1 Three American astronauts were killed in a capsule fire on January 1967, while training for an Apollo mission.

2 Although data showing different patterns of responses for novices and experienced jumpers are quite convincing, it should be noted that not all studies show the same consistent pattern. Hammerton and Tickner (1968), using heartrate measures, found no differences among three groups: very experienced jumpers, inexperienced jumpers with full ground training, and inexperienced jumpers with abbreviated ground training. They did, however, find performance differences favoring training. Basowitz et al. (Basowitz, Harold, Harold Peraky, Sheldon J. Korchin, and Roy R. Grinker. Anxiety and Stress, McGraw-Hill:NY (1955)) found that base Ievels of anxiety in airborne trainees are often low during the initial stages of training, and rise after training is completed. Capel et al. ( 1970), examining anxiety in divers, reported that anxiety control became more difficult with experience.

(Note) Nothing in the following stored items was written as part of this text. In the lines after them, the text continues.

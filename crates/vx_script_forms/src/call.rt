use vx_names::Name;
use vx_script_words::Blocks;

/// A read or a write of a volume's blocks.
#[derive(Drop)]
pub enum Call {
    Read {
        vol: Name,
        start: u64,
        count: u64,
    },
    /// A write of blocks that all hold one byte.
    Fill {
        vol: Name,
        start: u64,
        count: u64,
        byte: u8,
    },
    /// A write of these blocks, 512 bytes each.
    Data {
        vol: Name,
        start: u64,
        blocks: Blocks,
    },
}
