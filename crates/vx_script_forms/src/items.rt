ghost use Rattle.std.specs.Prelude.{◌≡◌};
ghost use Rattle.vx_script_forms.specs.Table.{items_of};

use crate::{Kind, table};
use vx_script_words::Item;

/// The parts of a form, in their order.
pub fn items_of(kind: Kind) -> &'static [Item]
    ensures { result.now ≡ items_of kind }
{
    match kind {
        Kind::MkImage => &table::MK_IMAGE,
        Kind::Bare => &table::BARE,
        Kind::DgInit => &table::DG_INIT,
        Kind::DgAddDisk => &table::DG_ADD_DISK,
        Kind::DgImport => &table::DG_IMPORT,
        Kind::DgDeport => &table::DG_DEPORT,
        Kind::DiskUnsetup => &table::DISK_UNSETUP,
        Kind::VxMake => &table::VX_MAKE,
        Kind::PrintM => &table::PRINT_M,
        Kind::PrintHt => &table::PRINT_HT,
        Kind::MakeConcat => &table::MAKE_CONCAT,
        Kind::MakeStripe => &table::MAKE_STRIPE,
        Kind::Mirror => &table::MIRROR,
        Kind::RemoveVolume => &table::REMOVE_VOLUME,
        Kind::Start => &table::START,
        Kind::Stop => &table::STOP,
        Kind::RdpolRound => &table::RDPOL_ROUND,
        Kind::RdpolSelect => &table::RDPOL_SELECT,
        Kind::RdpolPrefer => &table::RDPOL_PREFER,
        Kind::PlexDis => &table::PLEX_DIS,
        Kind::PlexDisRm => &table::PLEX_DIS_RM,
        Kind::Prepare => &table::PREPARE,
        Kind::Unprepare => &table::UNPREPARE,
        Kind::AddMir => &table::ADD_MIR,
        Kind::Dis => &table::DIS,
        Kind::Split => &table::SPLIT,
        Kind::PrintSnaps => &table::PRINT_SNAPS,
        Kind::Recover => &table::RECOVER,
        Kind::SnapMake => &table::SNAP_MAKE,
        Kind::Reattach => &table::REATTACH,
        Kind::Restore => &table::RESTORE,
        Kind::Snapback => &table::SNAPBACK,
        Kind::SnapbackFromReplica => &table::SNAPBACK_FROM_REPLICA,
        Kind::PlexDet => &table::PLEX_DET,
        Kind::PlexAtt => &table::PLEX_ATT,
        Kind::Read => &table::READ,
        Kind::Fill => &table::FILL,
        Kind::Data => &table::DATA,
        Kind::Sessions => &table::SESSIONS,
    }
}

Thus, although experience may be a highly significant factor in the regulation of fear response, it appears that other factors also must he considered.

3 A difference in training among classes of astronauts raises broad issues For instance, a lack of shared experience may lead to the perception that some crew members do not have the appropriate "membership characteristics." This issue is considered in chapter V.

4 Panic (also known as "panic flight response") usually refers to the frantic, nondirected activity sometimes observed in crowds in response to a severely threatening event.

5 The concept of homeostatic balance as used here follows a similar use of the term in the family therapy literature. Since Jackson's original use of "homeostasis" or "homeostatic equilibrium" to describe the emotional state which every family seeks to maintain, the term has been used widely in conjunction with events or behaviors that contribute to group equilibrium (Jackson D. D.; The Question of Family Homeostasis. Psychoanalytic Quarterly Supp. 31, 79-99, 1957).